- Pitcher
- Born: 11 January 1980 (age 46) Florencia, Ciego de Ávila Province, Cuba
- Bats: RightThrows: Left

Teams
- Ciego de Ávila (2001–2013; 2018–2019);

Medals
Men's baseball
Representing Cuba
World Baseball Classic
| Silver medal – second place | 2006 San Diego | Team |
Baseball World Cup
| Silver medal – second place | 2009 Nettuno | Team |

= Maikel Folch =

Cuban baseball player (born 1980)

Maikel Folch Vera (born 11 January 1980) is a former left-handed pitcher for the Cuba national baseball team and Ciego de Ávila in the Cuban National Series. Folch represented Cuba at the 2006 World Baseball Classic and the 2009 Baseball World Cup, winning the silver medal in both competitions.

==Career==
Folch was born on 11 January 1980 in Florencia in the Ciego de Ávila Province. He made his debut in the Cuban National Series in 2001 playing for Ciego de Ávila. He posted a league-low 2.09 ERA during the 2004–05 season, compiling a 10–0 record.

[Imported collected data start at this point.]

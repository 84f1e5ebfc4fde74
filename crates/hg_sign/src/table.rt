ghost use Rattle.std.specs.Prelude.{◌≡◌, true, All, IfOk, map, slice_get, unwrap_or, []};
ghost use Rattle.std.specs.Str.{bytes_eq};
ghost use Rattle.hg_life.specs.declared.members.MemberEntry.{MemberEntry};
ghost use Rattle.hg_life.specs.Members.{IsEntry};
ghost use Rattle.hg_life.specs.Signing.{accepts_signature, signature_of, secrets_of, signature_by, accepts_by};

use crate::key::Key;
use crate::signer::{Signer, Verifier};
use hg_life::{MemberEntry, Members};
use hg_model::{Member, Memory, Sig};
use std::alloc::Global;
use std::marker::Model;

/// The program's own signatures: HMAC-SHA-512 under the members' secrets.
/// Contracts see the list of the secrets.
#[derive(Drop)]
pub struct MacTable {
    keys: Vec<Key>,
    // The key of the secret of no bytes, for the numbers that are no member's.
    stranger: Key,
}

impl Model for MacTable {
    ghost use Rattle.std.specs.Prelude.{◌≡◌, ℕ, List, []};

    ghost Value = { List (List ℕ) };

    ghost view = { λ s. s.keys.items };

    ghost invariant = { λ s. s.stranger ≡ [] };
}

impl MacTable {
    /// The table of these members' secrets, which signs as the members do and accepts just that.
    pub fn new(alloc: Global, members: &Members) -> Result<MacTable, Memory>
        ensures secrets { IfOk result (λ table. table ≡ secrets_of members.now) }
        ensures signs { IfOk result (λ table. signature_by table ≡ signature_of members.now) }
        ensures accepts { IfOk result (λ table. accepts_by table ≡ accepts_signature members.now) }
    {
        let keys = keys_of(alloc, members.entries())?;
        let stranger = Key::new(alloc, &[])?;
        Ok(MacTable { keys, stranger })
    }

    /// The key of the member's secret.
    fn key(&self, member: Member) -> &Key
        ensures { result.now ≡ unwrap_or (slice_get self.now member) [] }
    {
        match self.keys.get(member as usize) {
            Some(key) => key,
            None => &self.stranger,
        }
    }
}

impl Verifier for MacTable {
    ghost accepts = { accepts_by };

    fn check(&self, member: Member, body: &[u8], sig: &Sig) -> bool {
        is_same(sig, &self.key(member).mac(body))
    }
}

impl Signer for MacTable {
    fn sign(&self, member: Member, body: &[u8]) -> Sig
        ensures accepted { accepts_by self.now member body.now result ≡ true }
        ensures exact { result ≡ signature_by self.now member body.now }
    {
        self.key(member).mac(body)
    }
}

/// The keys of the members' secrets.
fn keys_of(alloc: Global, entries: &[MemberEntry]) -> Result<Vec<Key>, Memory>
    requires { All IsEntry entries.now }
    ensures { IfOk result (λ keys. keys.items ≡ map (λ (e : MemberEntry). e.secret) entries.now) }
{
    let mut keys = Vec::with_capacity(alloc, entries.len())?;
    for entry in entries {
        keys.push(Key::new(alloc, entry.secret.as_slice())?)?;
    }
    Ok(keys)
}

/// Whether the signatures are equal. It looks at all bytes, whatever they are, so that
/// the time it takes does not tell where they differ.
fn is_same(a: &Sig, b: &Sig) -> bool
    ensures { result ≡ bytes_eq a.now b.now }
{
    let mut difference = 0;
    for i in 0..64 {
        difference |= a[i] ^ b[i];
    }
    difference == 0
}
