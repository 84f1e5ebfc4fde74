//! Tests of public calls of `hg_io` and `hg_stream`: files, disks, streams and the words of an environment, and of the command
//! `keep` of `hg_top` over a disk in memory, with values from outside.
//! They stand above these crates so that their code is proved once; a crate with tests of its own is proved twice.
//! No node is owned here, so that no end of one is proved here either.
//! There is nothing here but tests.
//!
//! `rt ci check_disks` proves and runs them, and then says:
//!
//! ```text
//! rt: check_disks: its tests passed
//! ```
#![tactic(auto)]

#[cfg(test)]
mod disk;
#[cfg(test)]
mod disks;
#[cfg(test)]
mod environment;
#[cfg(test)]
mod failing;
#[cfg(test)]
mod files;
#[cfg(test)]
mod keeping;
#[cfg(test)]
mod telling;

He retired after the 2012–13 season due to injury, but returned in 2018–19 for one final season with Tigres de Ciego de Ávila, appearing in 18 games and recording a 5–4 record, one save, and a 3.49 ERA.

Cuban National Series career statistics
| Seasons | G | W | L | SV | IP | H | R | ER | ERA | WHIP | BB | SO |
|---|---|---|---|---|---|---|---|---|---|---|---|---|
| 12 | 216 | 80 | 46 | 4 | 1078.1 | 1090 | 526 | 458 | 3.82 | 1.53 | 559 | 564 |

==International career==
Folch played for Cuba at the 2006 World Baseball Classic and the 2009 Baseball World Cup, winning the silver medal in both tournaments.

==Personal life==
As of 2018, Folch resided in the village of Piedra, in the municipality of Chambas, Ciego de Ávila Province. He has two children: Brayan and Maikol.